Yes that would be perfect. Would I have to change my pages to .asp pages or can I implement the code into the aspx page?

I'd also like to issue multiple usename and passwords, would you know of a way I can alter the code to do this? I know I could just add a string to the variable such as 
Username="user", "extra"
but doing it this way would allow for a number of passwords to be valid for one username

i.e.
Username="user", "extra"
Password="pass", "extrapass"

username 'user' would work using either 'pass' or 'extrapass' for a password.

Any ideas? Or have you seen any other code that would do this? I think you know what I'm after now.  

Thanks for your help Karl!!


----------



## karlhaywood (Jan 17, 2010)

I have just done some research and you could try this link you may need to alter the code to suit. This script is wrote C# so you might just want to spruce it up a little lol

http://www.daniweb.com/forums/thread24148.html


----------



## lordsmurf (Apr 23, 2009)

Do you have any control panels? Some of them, like Plesk, make this easy.


----------



## marques_uk (Jun 22, 2009)

Nearly there Karl, I'm looking for something that doesnt require a database, maybe I should of been a bit clearer on what I was after in my first post sorry.

Although I'm going to have to change tactics now, because the host I'm looking at doesnt support ASP.NET. So if anyone knows of any reasonably good methods that are written in either PHP or JavaScript, that would be brilliant.

Thank you
Mark

p.s.

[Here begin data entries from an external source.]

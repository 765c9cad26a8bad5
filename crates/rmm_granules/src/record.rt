//! Records of granules' attributes, laid out so that a change of state writes only a few bytes.
ghost use Rattle.std.specs.Prelude.{◌≡◌, unwrap_or};
ghost use Rattle.rmm_model.specs.declared.granule.RmmGranuleState.TheVariants.{Undelegated, Rec as IsRec};
ghost use Rattle.rmm_model.specs.Granule.{is_undelegated, is_delegated, realm_of, rec_of, of_no_realm};
ghost use Rattle.rmm_model.specs.Rec.{no_rec};
ghost use Rattle.rmm_granules.specs.RealmEdits.{edited_rd};
ghost use Rattle.rmm_granules.specs.RecEdits.{edited};

use crate::realm_edit::RealmEdit;
use crate::rec_edit::RecEdit;
use granule_addr::Gran;
use rmi_abi::HashAlgorithm;
use rmm_model::{RmmGranule, RmmGranuleState, RmmRealm, RmmRealmState, RmmRec};
use std::marker::Model;

/// The kind of a granule's state, without the attributes of a realm or a REC. RMM 1.0, RmmGranuleState.
#[derive(Clone, Copy)]
pub(crate) enum GranuleKind {
    Undelegated,
    Delegated,
    Rd,
    Rec,
    RecAux,
    Data,
    Rtt,
}

/// The record that `Granules` keeps of a granule, with the granule's attributes as its logical view.
///
/// It has attributes of a REC and of a realm in addition to the kind of the state. Those that the kind does not have
/// are left as they are. So a state without attributes is set by writing its kind and the owner. RMI_REC_ENTER reads
/// the kind and the attributes of a REC, so these two lie side by side.
#[derive(Drop)]
pub(crate) struct GranuleRecord {
    kind: GranuleKind,
    owner: Option<Gran>,
    rec: RmmRec,
    realm: RmmRealm,
}

impl Model for GranuleRecord {
    ghost use Rattle.rmm_model.specs.declared.granule.RmmGranule.{RmmGranule};

    ghost Value = { RmmGranule };

    ghost use Rattle.rmm_granules.specs.Records.{recorded_state};

    ghost view = { λ r. record { state = recorded_state r.kind r.realm r.rec; owner = r.owner } };
}

// Returns realm attributes for the record of a granule that is not an RD. Nothing reads them.
fn no_realm() -> RmmRealm {
    RmmRealm {
        state: RmmRealmState::New,
        hash: HashAlgorithm::Sha256,
        rim: [0; 64],
        s2sz: 0,
        start_level: 0,
        first_table: Gran::from_number(0),
        table_count: 0,
        vmid: 0,
        next_rec: 0,
        rec_count: 0,
    }
}

impl GranuleRecord {
    /// Creates the record of an UNDELEGATED granule.
    pub(crate) fn undelegated() -> GranuleRecord
        ensures { result ≡ of_no_realm Undelegated }
    {
        GranuleRecord {
            kind: GranuleKind::Undelegated,
            owner: None,
            rec: RmmRec::new(false, 0),
            realm: no_realm(),
        }
    }

    /// Returns whether the granule is UNDELEGATED.
    pub(crate) fn is_undelegated(&self) -> bool
        ensures { result ≡ is_undelegated self.now.state }
    {
        matches!(self.kind, GranuleKind::Undelegated)
    }

    /// Returns whether the granule is DELEGATED.
    pub(crate) fn is_delegated(&self) -> bool
        ensures { result ≡ is_delegated self.now.state }
    {
        matches!(self.kind, GranuleKind::Delegated)
    }

    /// Returns the state of the granule.
    pub(crate) fn state(&self) -> RmmGranuleState
        ensures { result ≡ self.now.state }
    {
        match self.kind {
            GranuleKind::Undelegated => RmmGranuleState::Undelegated,
            GranuleKind::Delegated => RmmGranuleState::Delegated,
            GranuleKind::Rd => RmmGranuleState::Rd(self.realm),
            GranuleKind::Rec => RmmGranuleState::Rec(self.rec),
            GranuleKind::RecAux => RmmGranuleState::RecAux,
            GranuleKind::Data => RmmGranuleState::Data,
            GranuleKind::Rtt => RmmGranuleState::Rtt,
        }
    }

    /// Returns the attributes of the realm, or `None` for a granule that is not an RD.
    pub(crate) fn realm(&self) -> Option<RmmRealm>
        ensures { result ≡ realm_of self.now.state }
    {
        match self.kind {
            GranuleKind::Rd => Some(self.realm),
            _ => None,
        }
    }

    /// Returns the attributes of the REC, or `None` for a granule that is not a REC.
    pub(crate) fn rec(&self) -> Option<RmmRec>
        ensures { result ≡ rec_of self.now.state }
    {
        match self.kind {
            GranuleKind::Rec => Some(self.rec),
            _ => None,
        }
    }

    /// Returns the RD of the realm that owns the granule, or `None` if no realm owns it.
    pub(crate) fn owner(&self) -> Option<Gran>
        ensures { result ≡ self.now.owner }
    {
        self.owner
    }

    /// Sets the state and the owner of the granule.
    #[inline(always)]
    pub(crate) fn set(&mut self, kept: RmmGranule)
        ensures { self.new ≡ kept }
    {
        self.owner = kept.owner;
        match kept.state {
            RmmGranuleState::Undelegated => self.kind = GranuleKind::Undelegated,
            RmmGranuleState::Delegated => self.kind = GranuleKind::Delegated,
            RmmGranuleState::Rd(realm) => {
                self.kind = GranuleKind::Rd;
                self.realm = realm;
            }
            RmmGranuleState::Rec(rec) => {
                self.kind = GranuleKind::Rec;
                self.rec = rec;
            }
            RmmGranuleState::RecAux => self.kind = GranuleKind::RecAux,
            RmmGranuleState::Data => self.kind = GranuleKind::Data,
            RmmGranuleState::Rtt => self.kind = GranuleKind::Rtt,
        }
    }

    /// Edits the realm of an RD in place. A granule that is not an RD stays as it is.
    #[inline(always)]
    pub(crate) fn edit_realm(&mut self, edit: RealmEdit)
        ensures { self.new ≡ edited_rd edit self.old (realm_of self.old.state) }
    {
        if let GranuleKind::Rd = self.kind {
            edit.make(&mut self.realm);
            self.owner = None;
        }
    }

    /// Edits the attributes of a REC in place. A granule that is not a REC first becomes one, with the attributes of a
    /// new REC.
    #[inline(always)]
    pub(crate) fn edit_rec(&mut self, edit: RecEdit)
        ensures { self.new
            ≡ record self.old { state = IsRec (edited edit (unwrap_or (rec_of self.old.state) no_rec)) } }
    {
        match self.kind {
            GranuleKind::Rec => {}
            _ => {
                self.kind = GranuleKind::Rec;
                self.rec = RmmRec::new(false, 0);
            }
        }
        edit.make(&mut self.rec);
    }
}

I havent got plesk controls, is it free?


----------



## karlhaywood (Jan 17, 2010)

Try this marques_uk

<?php

// Define your username and password

$username = "someuser";

$password = "somepassword";

if ($_POST['txtUsername'] != $username || $_POST['txtPassword'] != $password) {

?>



*Login*

[/COLOR]">

Username:

Password:

<?php

}

else {

?>



This is the protected page. Your private content goes here.

<?php

}

?>


----------



## marques_uk (Jun 22, 2009)

Karl this would be brilliant, if I could add multiple usernames. Any idea of how to alter the code to achieve this.

Also I have the following error when using the above code, even though it works fine, any ideas?

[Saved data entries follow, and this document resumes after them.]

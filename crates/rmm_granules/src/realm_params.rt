//! Checks of a new realm's parameters, and of the granules and the VMID that the realm takes. RMM 1.0,
//! RMI_REALM_CREATE.
ghost use Rattle.std.specs.Prelude.{◌≡◌, ◌+◌, ◌≤◌, true};
ghost use Rattle.rmm_model.specs.Machine.{granule_count, number_of};
ghost use Rattle.rmm_model.specs.Realm.{is_start};
ghost use Rattle.rmm_model.specs.Command.RealmCreate as command;

use crate::{Granules, granule_after};
use granule_addr::Gran;
use page_arena::PageStore;
use rmi_abi::{RealmParams, RmmSettings};
use rmm_model::{entry_size, start_count};

// ---- parameters

// Whether the numbers of breakpoints and watchpoints and the vector length are within feature register 0.
fn fits_features(settings: &RmmSettings, p: &RealmParams) -> bool
    ensures { result ≡ command.fits_features settings.now p.now }
{
    p.num_bps <= settings.bps && p.num_wps <= settings.wps && p.sve_vl == 0
}

/// Returns whether the RMM supports the parameters of a realm. Supported parameters set no flag, and have an IPA width
/// that the RMM supports. If settings say so, breakpoints, watchpoints and vectors are within feature register 0 too.
pub fn is_supported(settings: &RmmSettings, p: &RealmParams) -> bool
    ensures { result ≡ command.is_supported settings.now p.now }
{
    p.flags == 0
        && 32 <= p.s2sz
        && p.s2sz <= settings.s2sz
        && (!settings.checks_params || fits_features(settings, p))
}

/// Returns whether a realm with an address space of `s2sz` bits can have `count` starting tables at a level.
#[tactic(auto, unfolding(rmm_model::specs::Realm::is_start))]
pub fn is_start(s2sz: u8, level: u64, count: u32) -> bool
    requires { s2sz ≤ 48 }
    ensures { result ≡ is_start s2sz level count }
{
    if level > 3 {
        return false;
    }
    entry_size(level as u8) < 1 << s2sz
        && count <= 16
        && count as u64 == start_count(s2sz, level as u8)
}

/// Returns whether `rd` is the address of one of a new realm's starting tables.
pub fn is_start_table(p: &RealmParams, rd: u64) -> bool
    ensures { result ≡ command.is_start_table p.now rd }
{
    p.rtt_base <= rd
        && rd - p.rtt_base < p.rtt_num_start as u64 * 4096
        && (rd - p.rtt_base) % 4096 == 0
}

// ---- what the realm takes

// Whether `count` granules from an address on are granules of the machine.
fn is_range_inside<S: PageStore>(granules: &Granules<S>, base: u64, count: u32) -> bool
    ensures value { result ≡ command.is_range_inside granules.now base count }
    ensures few { granule_count granules.now ≤ 4096 }
    ensures fits { result ≡ true → number_of granules.now base + count ≤ granule_count granules.now }
{
    let most = granules.count() as u64;
    granules.is_inside(base) && granules.number_of(base).number() as u64 + count as u64 <= most
}

// Whether `count` granules from `first` on are all DELEGATED.
fn are_delegated<S: PageStore>(granules: &Granules<S>, first: Gran, count: u16) -> bool
    requires inside { first + count ≤ granule_count granules.now }
    requires few { granule_count granules.now ≤ 4096 }
    ensures { result ≡ command.are_delegated granules.now first count }
{
    for k in 0..count {
        if !granules.is_delegated(granule_after(first, k)) {
            return false;
        }
    }
    true
}

/// Returns whether each starting table of a new realm is a DELEGATED granule.
#[tactic(auto, unfolding(rmm_model::specs::Command::RealmCreate::can_start))]
pub fn can_start<S: PageStore>(granules: &Granules<S>, p: &RealmParams) -> bool
    ensures value { result ≡ command.can_start granules.now p.now }
    ensures few { granule_count granules.now ≤ 4096 }
{
    if !is_range_inside(granules, p.rtt_base, p.rtt_num_start) {
        return false;
    }
    let first = granules.number_of(p.rtt_base);
    are_delegated(granules, first, p.rtt_num_start as u16)
}

/// Returns whether a VMID is in the RMM's range, and no realm has it.
#[tactic(auto, unfolding(rmm_model::specs::Command::RealmCreate::is_vmid_valid))]
pub fn is_vmid_valid<S: PageStore>(granules: &Granules<S>, vmid: u16) -> bool
    ensures { result ≡ command.is_vmid_valid granules.now vmid }
{
    (vmid as u64) < 1 << granules.settings().vmid_bits && !granules.is_vmid_used(vmid)
}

*Notice*: Undefined index: txtUsername

Thanks again


----------



## Squashman (Apr 4, 2003)

Is this an Apache web server? I would assume so if they don't support ASP. If so then just use an .htaccess file.


----------



## marques_uk (Jun 22, 2009)

Probably, it doesn't actually say. Can you have multiple usernames and passwords using .htaccess? 

Do you know the code needed, or of a website that shows a tutorial on how to set this up?

Thank you


----------



## Squashman (Apr 4, 2003)

If you can give me your domain name I can tell you if it is using Apache or not.

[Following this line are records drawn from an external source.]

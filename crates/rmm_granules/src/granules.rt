//! Granules with their attributes and contents, and the set of VMIDs that realms use.
ghost use Rattle.std.specs.Prelude.{◌≡◌, ◌≢◌, ◌+◌, ◌^◌, ◌<◌, ◌≤◌, false, length, replicate, slice_set, IfErr, IfOk, IfSome, IsTrue};
ghost use Rattle.granule_addr.specs.Page.{page_of};
ghost use Rattle.page_arena.specs.Word.{with_bytes, bytes_of_words, rising_word};
ghost use Rattle.rmi_abi.specs.Settings.{IsPlatform};
ghost use Rattle.rmm_model.specs.declared.granule.RmmGranuleState.TheVariants.{Undelegated};
ghost use Rattle.rmm_model.specs.Granule.{of_no_realm, realm_of, rec_of, is_undelegated, is_delegated};
ghost use Rattle.rmm_model.specs.Machine as machine;
ghost use Rattle.rmm_model.specs.Machine.{granule_count, granule_at, page_in};
ghost use Rattle.rmm_model.specs.Realm.{IsServed};
ghost use Rattle.rmm_model.specs.Guest.{rec_in};
ghost use Rattle.rmm_model.specs.Command.PsciComplete.{with_rec};
ghost use Rattle.rmm_granules.specs.Inside.{platform_machine};
ghost use Rattle.rmm_granules.specs.RealmEdits.{with_edited_realm};
ghost use Rattle.rmm_granules.specs.RecEdits.{edited};

use crate::realm_edit::RealmEdit;
use crate::rec_edit::RecEdit;
use crate::record::GranuleRecord;
use crate::taking::take_all;
use granule_addr::{Gran, PageOff};
use page_arena::PageStore;
use rmi_abi::{Platform, RmmSettings};
use rmm_model::{RmmGranule, RmmGranuleState, RmmRealm, RmmRec};
use std::alloc::{AllocError, Global};
use std::marker::Model;

// The number of 16-bit VMIDs.
const VMIDS: u32 = 0x1_0000;

/// The granules of a platform: their attributes, their contents in a page store, and the set of VMIDs that realms use.
#[derive(Drop)]
pub struct Granules<S: PageStore> {
    platform: Platform,
    granules: Vec<GranuleRecord>,
    vmids: Vec<bool>,
    store: S,
}

impl<S: PageStore> Model for Granules<S> {
    ghost use Rattle.rmm_model.specs.Machine.{Machine};
    ghost use Rattle.rmm_model.specs.Codes.{machine_code};
    ghost use Rattle.rmm_granules.specs.Inside.{machine_of, IsWhole};

    ghost Value = { Machine };

    ghost coded = { machine_code };

    ghost view = { λ m. machine_of m.platform m.granules.items m.vmids.items (S.page_bytes m.store) };

    ghost invariant = { λ m. IsWhole m.platform m.granules.items m.vmids.items (S.page_bytes m.store) (S.free_flags m.store) };
}

// The attributes of `count` UNDELEGATED granules.
fn undelegated(alloc: Global, count: u16) -> Result<Vec<GranuleRecord>, AllocError>
    ensures { IfOk result (λ v. v.items ≡ replicate count (of_no_realm Undelegated)) }
{
    let mut granules = Vec::with_capacity(alloc, count as usize)?;
    for _i in 0..count {
        granules.push(GranuleRecord::undelegated())?;
    }
    Ok(granules)
}

// The empty set of VMIDs, as `count` flags.
fn no_vmids(alloc: Global, count: u32) -> Result<Vec<bool>, AllocError>
    ensures { IfOk result (λ v. v.items ≡ replicate count false) }
{
    vec![in alloc; false; count as usize]
}

// The attributes of `count` UNDELEGATED granules, and the empty set of VMIDs.
fn rows(
    alloc: Global,
    count: u16,
    vmids: u32,
) -> Result<(Vec<GranuleRecord>, Vec<bool>), AllocError>
    ensures granules { IfOk result (λ r. r.0.items ≡ replicate count (of_no_realm Undelegated)) }
    ensures set { IfOk result (λ r. r.1.items ≡ replicate vmids false) }
{
    let granules = undelegated(alloc, count)?;
    let set = no_vmids(alloc, vmids)?;
    Ok((granules, set))
}

impl<S: PageStore> Granules<S> {
    /// Creates the granules of a platform, one for each page of a page store. All granules are UNDELEGATED. An error
    /// returns the store as it was.
    pub fn open(
        alloc: Global,
        platform: Platform,
        mut store: S,
    ) -> Result<Granules<S>, (AllocError, S)>
        ensures ok { IfOk result (λ m. m ≡ platform_machine platform (S.page_bytes store)) }
        ensures err { IfErr result (λ error. error.1 ≡ store) }
    {
        match rows(alloc, store.pages(), VMIDS) {
            Ok((granules, vmids)) => {
                take_all(&mut store);
                Ok(Granules {
                    platform,
                    granules,
                    vmids,
                    store,
                })
            }
            Err(error) => Err((error, store)),
        }
    }

    /// Returns the settings of the platform.
    pub fn settings(&self) -> &RmmSettings
        ensures value { result.now ≡ self.now.settings }
        ensures ranges { IsPlatform result.now }
    {
        self.platform.settings()
    }

    /// Returns the platform to which the granules belong. The settings of the platform are in range.
    pub fn platform(&self) -> &Platform
        ensures { result.now ≡ self.now.settings }
    {
        &self.platform
    }

    /// Returns the number of granules.
    pub fn count(&self) -> u16
        ensures value { result ≡ granule_count self.now }
        ensures few { result ≤ 4096 }
    {
        self.granules.len() as u16
    }

    // ---- addresses

    /// Returns whether an address lies in a granule of the machine.
    #[tactic(auto, unfolding(rmm_model::specs::Machine::is_inside))]
    pub fn is_inside(&self, address: u64) -> bool
        ensures { result ≡ machine.is_inside self.now address }
    {
        let base = self.platform.settings().base;
        address >= base && (address - base) / 4096 < self.granules.len() as u64
    }

    /// Returns the number of the granule that contains an address.
    #[tactic(auto, unfolding(rmm_model::specs::Machine::is_inside, rmm_model::specs::Machine::number_of))]
    pub fn number_of(&self, address: u64) -> Gran
        requires { IsTrue (machine.is_inside self.now address) }
        ensures value { result ≡ machine.number_of self.now address }
        ensures inside { result < granule_count self.now }
    {
        let number = (address - self.platform.settings().base) / 4096;
        Gran::from_number(number as u16)
    }

    /// Returns whether an address lies in the platform's range of Secure memory.
    #[tactic(auto, unfolding(rmm_model::specs::Machine::is_secure))]
    pub fn is_secure(&self, address: u64) -> bool
        ensures { result ≡ machine.is_secure self.now address }
    {
        let s = self.platform.settings();
        address >= s.secure_base && (address - s.secure_base) / 4096 < s.secure_count as u64
    }

    // ---- attributes

    pub fn is_undelegated(&self, granule: Gran) -> bool
        requires { granule < granule_count self.now }
        ensures { result ≡ is_undelegated (granule_at self.now granule).state }
    {
        self.granules[granule.number() as usize].is_undelegated()
    }

    pub fn is_delegated(&self, granule: Gran) -> bool
        requires { granule < granule_count self.now }
        ensures { result ≡ is_delegated (granule_at self.now granule).state }
    {
        self.granules[granule.number() as usize].is_delegated()
    }

    /// Returns the state of a granule.
    pub fn state(&self, granule: Gran) -> RmmGranuleState
        requires { granule < granule_count self.now }
        ensures { result ≡ (granule_at self.now granule).state }
    {
        self.granules[granule.number() as usize].state()
    }

    /// Returns the realm of an RD granule, or `None` for a granule in another state. The realm's starting tables lie in
    /// the machine.
    pub fn realm(&self, granule: Gran) -> Option<RmmRealm>
        requires { granule < granule_count self.now }
        ensures value { result ≡ realm_of (granule_at self.now granule).state }
        ensures served { IfSome result (IsServed (granule_count self.now)) }
    {
        self.granules[granule.number() as usize].realm()
    }

    /// Returns the attributes of a REC granule, or `None` for a granule in another state.
    pub fn rec(&self, granule: Gran) -> Option<RmmRec>
        requires { granule < granule_count self.now }
        ensures { result ≡ rec_of (granule_at self.now granule).state }
    {
        self.granules[granule.number() as usize].rec()
    }

    /// Returns the RD of the realm that owns a granule, or `None` if no realm owns it.
    pub fn owner(&self, granule: Gran) -> Option<Gran>
        requires { granule < granule_count self.now }
        ensures { result ≡ (granule_at self.now granule).owner }
    {
        self.granules[granule.number() as usize].owner()
    }

    /// Sets the attributes of a granule: its state and its owner.
    pub fn set(&mut self, granule: Gran, kept: RmmGranule)
        requires inside { granule < granule_count self.old }
        requires served { IfSome (realm_of kept.state) (IsServed (granule_count self.old)) }
        ensures { self.new ≡ machine.with_granule self.old granule kept }
    {
        self.granules[granule.number() as usize].set(kept);
    }

    /// Changes the attributes of an RD's realm in place. A granule that is not an RD stays as it is.
    #[inline(always)]
    pub fn edit_realm(&mut self, rd: Gran, edit: RealmEdit)
        ensures machine { self.new
            ≡ with_edited_realm self.old rd edit (realm_of (granule_at self.old rd).state) }
        ensures count { granule_count self.new ≡ granule_count self.old }
    {
        let place = rd.number() as usize;
        if place < self.granules.len() {
            self.granules[place].edit_realm(edit);
        }
    }

    /// Edits the attributes of a REC in place. A granule that is not a REC first becomes one, with the attributes of a
    /// new REC.
    #[inline(always)]
    pub fn edit_rec(&mut self, granule: Gran, edit: RecEdit)
        requires { granule < granule_count self.old }
        ensures machine { self.new ≡ with_rec self.old granule (edited edit (rec_in self.old granule)) }
        ensures count { granule_count self.new ≡ granule_count self.old }
    {
        self.granules[granule.number() as usize].edit_rec(edit);
    }

    // ---- pages

    /// Returns the 4,096 bytes of a granule.
    pub fn page(&self, granule: Gran) -> &[u8]
        requires { granule < granule_count self.now }
        ensures value { result.now ≡ page_in self.now granule }
        ensures whole { length result.now ≡ 4096 }
    {
        self.store.bytes(granule)
    }

    /// Writes word `index` of a granule.
    pub fn set_word(&mut self, granule: Gran, index: u16, word: u64)
        requires inside { granule < granule_count self.old }
        requires index { index < 512 }
        ensures written { self.new ≡ machine.with_word self.old granule index word }
        ensures page { granule < length self.old.pages }
        ensures whole { length (page_in self.old granule) ≡ 4096 }
    {
        self.store.set_word(granule, index, word);
    }

    /// Writes bytes into a granule, from an offset on.
    pub fn write(&mut self, granule: Gran, offset: u16, bytes: &[u8])
        requires inside { granule < granule_count self.old }
        requires fits { offset + length bytes.now ≤ 4096 }
        ensures written { self.new
            ≡ machine.with_page self.old granule (with_bytes (page_in self.old granule) offset bytes.now) }
        ensures page { granule < length self.old.pages }
        ensures whole { length (page_in self.old granule) ≡ 4096 }
    {
        self.store.write(granule, offset, bytes);
    }

    /// Fills a granule with 512 words that rise by `step` modulo 2^48.
    ///
    /// Word k, counted from 0, is `kind + (first + k * step) % 2^48`.
    pub fn write_rising(&mut self, granule: Gran, kind: u64, first: u64, step: u64)
        requires inside { granule < granule_count self.old }
        requires kind { kind ≤ 2 ^ 60 }
        requires first { first < 2 ^ 48 }
        requires step { step ≤ 2 ^ 39 }
        ensures { self.new
            ≡ machine.with_page self.old granule (bytes_of_words 512 (rising_word kind first step)) }
    {
        self.store.write_rising(granule, kind, first, step);
    }

    /// Writes one byte of a granule.
    pub fn set_byte(&mut self, granule: Gran, offset: u16, value: u8)
        requires inside { granule < granule_count self.old }
        requires offset { offset < 4096 }
        ensures { self.new
            ≡ machine.with_page self.old granule (slice_set (page_in self.old granule) offset value) }
    {
        self.store
            .set(granule, PageOff::new(offset).unwrap(), value);
    }

    /// Writes one value to each byte of a granule.
    pub fn fill(&mut self, granule: Gran, value: u8)
        requires { granule < granule_count self.old }
        ensures page { granule < length self.old.pages }
        ensures filled { self.new ≡ machine.with_page self.old granule (page_of value) }
    {
        self.store.fill(granule, value);
    }

    /// Copies the contents of granule `source` to granule `target`. The two granules are different.
    pub fn copy(&mut self, target: Gran, source: Gran)
        requires target { target < granule_count self.old }
        requires source { source < granule_count self.old }
        requires different { target ≢ source }
        ensures { self.new ≡ machine.with_page self.old target (page_in self.old source) }
    {
        self.store.copy(target, source);
    }

    // ---- VMIDs

    /// Returns whether some realm uses a VMID.
    pub fn is_vmid_used(&self, vmid: u16) -> bool
        ensures { result ≡ machine.is_vmid_used self.now vmid }
    {
        self.vmids[usize::from(vmid)]
    }

    /// Marks a VMID as used by a realm, or as free.
    pub fn set_vmid(&mut self, vmid: u16, used: bool)
        ensures { self.new ≡ machine.with_vmid self.old vmid used }
    {
        self.vmids[vmid as usize] = used;
    }
}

.htaccess with .htpasswd file allows you to have multiple usernames and passwords.
http://www.javascriptkit.com/howto/htaccess3.shtml


----------



## marques_uk (Jun 22, 2009)

I haven't actually set it up yet but I was going to use one.com for hosting. How can you find out?

So say I have a page www.example.com/index.html

Anyone accessing this will be presented with the popup, login? Is there away you can present the login as a page rather than a popup?

Cheers


----------



## Squashman (Apr 4, 2003)

If you want a login page you will need to use server side scripting like PHP or PERL.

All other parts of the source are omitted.